(Dataset records)
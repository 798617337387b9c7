//! A flat memory of bytes for each domain, of which only the written pages are kept.
#![tactic(auto)]

mod domains;
mod kept_pages;
mod memories;

pub use memories::FlatMemory;
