/// Whether the store is whole and these are the identifiers of its accounts, in their order.
fn are_ids<S: Store>(store: &S, ids: &[u64]) -> bool {
    if !store.whole() || store.len(0) != ids.len() {
        return false;
    }
    for i in 0..store.len(0) {
        if store.id_at(0, i).0 != ids[i] {
            return false;
        }
    }
    true
}

/// Commits of worker 0, each of these entries.
fn made_commits(alloc: Global, lists: &[&[Wanted<'_>]]) -> Result<Vec<Commit>, AllocError> {
    let mut commits = Vec::new(alloc);
    for wanted in lists {
        let entries = all_made(alloc, wanted)?;
        commits.push(Commit { worker: 0, entries })?;
    }
    Ok(commits)
}

/// How many accounts there are once these commits are applied to a store without rows. The clauses
/// of the bound alone say that it is what the commits make.
fn count_after<S: ApplyStore + Sync, R: Threads + Sync>(
    rt: &R,
    store: &mut S,
    commits: &[Commit],
) -> Result<usize, ApplyFault>
    ensures { IfOk result (λ count. IsOkAnd (apply_commits (S.tables store.old) commits.now)
        (λ after. count ≡ length (rows_of after 0))) }
{
    store.apply_all(rt, commits)?;
    Ok(store.len(0))
}

/// Whether the list of commits is applied, and so many accounts are there then; or it is refused
/// for that, or for memory, and the store is broken.
fn is_applied<S: ApplyStore + Sync, R: Threads + Sync>(
    rt: &R,
    store: &mut S,
    commits: &[Commit],
    expected: Result<usize, ApplyFault>,
) -> bool {
    match count_after(rt, store, commits) {
        Ok(count) => expected == Ok(count) && store.whole(),
        Err(ApplyFault::Memory) => is_broken(rt, store),
        Err(fault) => expected == Err(fault) && is_broken(rt, store),
    }
}

/// Whether the store is broken: it is not whole, and refuses each change and each list of commits
/// as a broken one does.
fn is_broken<S: ApplyStore + Sync, R: Threads + Sync>(rt: &R, store: &mut S) -> bool {
    let delete = Entry::Delete {
        table: 0,
        row: RowId(1),
    };
    !store.whole()
        && kind_of_change(store, &delete) == 5
        && store.apply_all(rt, &[]) == Err(ApplyFault::Broken)
}
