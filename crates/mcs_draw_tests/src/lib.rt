//! Tests of mcs_draw, over the library alone.
#![tactic(auto)]

#[cfg(test)]
mod seats;
#[cfg(test)]
mod threads;
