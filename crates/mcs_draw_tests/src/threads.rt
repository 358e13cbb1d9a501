//! Seats of one word, in two threads.

ghost use Rattle.std.specs.Prelude.{◌≡◌, ◌+◌};

use mcs_draw::{Draw, Seat};
use std::test::Fail;
use std::thread;

/// Draws all that the seat may draw, 1 at a time.
fn draw_all(draw: &Draw, seat: Seat) -> Seat
    requires word { seat.word ≡ draw.now.word }
    ensures word { result.word ≡ seat.word }
    ensures left { result.account.left ≡ 0 }
    ensures drawn { result.account.drawn ≡ seat.account.left + seat.account.drawn }
{
    let mut seat = seat;
    while seat.left() > 0 {
        draw.draw(&mut seat, 1);
    }
    seat
}

#[test]
fn two_threads_draw_a_thousand_times(rt: HostRuntime) -> Result<(), Fail> {
    let (draw, mut one) = Draw::new(rt.alloc(), 7, 2000)?;
    let two = draw.split(&mut one, 1000)?;
    let (mut one, two) = thread::join(
        &rt,
        || -> Seat
            requires { one.word ≡ draw.word }
            ensures { (result.word ≡ one.word) × (result.account.left ≡ 0)
                × (result.account.drawn ≡ one.account.left + one.account.drawn) }
        { draw_all(&draw, one) },
        || -> Seat
            requires { two.word ≡ draw.word }
            ensures { (result.word ≡ two.word) × (result.account.left ≡ 0)
                × (result.account.drawn ≡ two.account.left + two.account.drawn) }
        { draw_all(&draw, two) },
    );
    draw.join(&mut one, two);
    let closed = draw.close(one);
    assert!(rt; closed.total() == 2007 && closed.draws() == 2000);
    Ok(())
}
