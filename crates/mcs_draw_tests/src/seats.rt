//! Seats of one word, in one thread.

use mcs_draw::Draw;
use std::test::Fail;

#[test]
fn two_seats_draw_in_turn(rt: HostRuntime) -> Result<(), Fail> {
    let (draw, mut first) = Draw::new(rt.alloc(), 5, 6)?;
    let mut second = draw.split(&mut first, 2)?;
    let shared = first.left() == 4 && second.left() == 2;
    let one = draw.draw(&mut first, 1);
    let two = draw.draw(&mut second, 2);
    let three = draw.draw(&mut first, 3);
    draw.join(&mut first, second);
    let left = first.left();
    let closed = draw.close(first);
    assert!(rt; shared && one == 6 && two == 8 && three == 11 && left == 0);
    assert!(rt; closed.total() == 11 && closed.draws() == 6);
    Ok(())
}

#[test]
fn what_is_left_is_joined_too(rt: HostRuntime) -> Result<(), Fail> {
    let (draw, mut first) = Draw::new(rt.alloc(), 100, 10)?;
    let mut second = draw.split(&mut first, 9)?;
    let third = draw.split(&mut second, 4)?;
    let total = draw.draw(&mut second, 5);
    draw.join(&mut second, third);
    draw.join(&mut second, first);
    let left = second.left();
    let closed = draw.close(second);
    assert!(rt; total == 105 && left == 5);
    assert!(rt; closed.total() == 105 && closed.draws() == 5);
    Ok(())
}

#[test]
fn a_room_of_nothing(rt: HostRuntime) -> Result<(), Fail> {
    let (draw, mut seat) = Draw::new(rt.alloc(), 9, 0)?;
    let (left, total) = (seat.left(), draw.draw(&mut seat, 0));
    let closed = draw.close(seat);
    assert!(rt; left == 0 && total == 9);
    assert!(rt; closed.total() == 9 && closed.draws() == 0);
    Ok(())
}

#[test]
fn the_greatest_word(rt: HostRuntime) -> Result<(), Fail> {
    let room = (1 << 63) - 2;
    let (draw, mut seat) = Draw::new(rt.alloc(), 1, room)?;
    let total = draw.draw(&mut seat, room);
    let closed = draw.close(seat);
    assert!(rt; total == 9_223_372_036_854_775_807);
    assert!(rt; closed.total() == total && closed.draws() == room);
    Ok(())
}
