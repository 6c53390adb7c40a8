// The proved table of worked numbers.
#![tactic(auto)]

ghost use Rattle.std.specs.Prelude.{◌≡◌, [], ◌∷◌};
ghost use Rattle.figures.specs.Example.{Example};
ghost use Rattle.figures.specs.Figures.{Figures};
ghost use Rattle.figures.specs.Scripts.{WorkedScript};

use bitmaps::zeros::lowest_zero;
use readings::{mark, mix};
use runs::keyed::Keyed;
use runs::union::union;
use usage::pile::greatest_lengths;

/// Some of the table's numbers, as the calls give them.
#[derive(Clone, Copy)]
pub struct Computed {
    /// the hash of item 0
    pub hash_of_0: u64,
    /// the mark of that hash
    pub mark_of_that: (u32, u32),
    /// the mark of hash 0
    pub mark_of_0: (u32, u32),
    /// the 2-union of 1, 3 and 2, 3
    pub two_least: [u64; 2],
    /// the lowest zero bits of 0, 7 and 2^32 - 1
    pub lowest_zeros: [u32; 3],
    /// the greatest lengths of the standard pile and of four samples
    pub lengths: (usize, usize),
}

/// The calls give the table's numbers, and the definitions give all of them, the answers of the worked turns, and the output of
/// the worked script.
pub fn figures() -> Computed
    ensures calls { result ≡ record { hash_of_0 = 0xE220A8397B1DCDAF; mark_of_that = (47, 1); mark_of_0 = (0, 31); two_least = 1 ∷ 2 ∷ []; lowest_zeros = 0 ∷ 3 ∷ 32 ∷ []; lengths = (1432, 2049) } }
    ensures definitions { Figures }
    ensures example { Example }
    ensures script { WorkedScript }
{
    let mut two_least = [0; 2];
    // Hash values are their own keys.
    let one = Keyed {
        items: &[1, 3],
        keys: &[1, 3],
    };
    let other = Keyed {
        items: &[2, 3],
        keys: &[2, 3],
    };
    let _ = union(&one, &other, &mut two_least);
    let hash_of_0 = mix(0);
    Computed {
        hash_of_0,
        mark_of_that: mark(hash_of_0),
        mark_of_0: mark(0),
        two_least,
        lowest_zeros: [lowest_zero(0), lowest_zero(7), lowest_zero(u32::MAX)],
        lengths: greatest_lengths(),
    }
}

## ACTIVITY
Each line of the records above that holds the word "accounts" should be counted, and only the final number stated.

## ANSWER
3